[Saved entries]
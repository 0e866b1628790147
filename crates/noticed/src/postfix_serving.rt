//! What a run of `postfix` serves.
use crate::postfix_values::PostfixValues;
use dsn_postfix::QueueName;
use dsn_postfix_notices::ServiceSettings;
use dsn_postfix_queue::PostfixSetup;
use dsn_report::Site;
use dsn_smtp::ServerAddress;
use dsn_text::MtaName;

/// The arguments of `postfix`.
#[derive(Drop)]
pub(crate) struct PostfixServing {
    /// Postfix's queue folder.
    pub(crate) folder: String,
    /// The site that the host names.
    pub(crate) site: Site,
    /// The client's name in EHLO to the mail server that takes the notices.
    pub(crate) client: MtaName,
    /// The address to which notices are submitted.
    pub(crate) hand_in: ServerAddress,
    /// The values that options change.
    pub(crate) values: PostfixValues,
    /// Whether the sockets are inherited.
    pub(crate) inherits: bool,
}

impl PostfixServing {
    /// The setup of the Postfix, whose hashed queues have these names, with the mail server for its
    /// notices.
    pub(crate) fn place<'a>(&'a self, hashed: &'a [QueueName<'a>]) -> PostfixSetup<'a> {
        PostfixSetup {
            queues: self.values.queue_folder(&self.folder, hashed),
            hand_in: &self.hand_in,
            host: &self.client,
        }
    }

    /// The settings that notices depend on.
    pub(crate) fn settings(&self) -> ServiceSettings<'_> {
        self.values.settings(&self.site)
    }
}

What the task requires →
Scan the data above for the string "ServerAddress" and copy each line where it appears.

Result for this exercise →
use dsn_smtp::ServerAddress;
    pub(crate) hand_in: ServerAddress,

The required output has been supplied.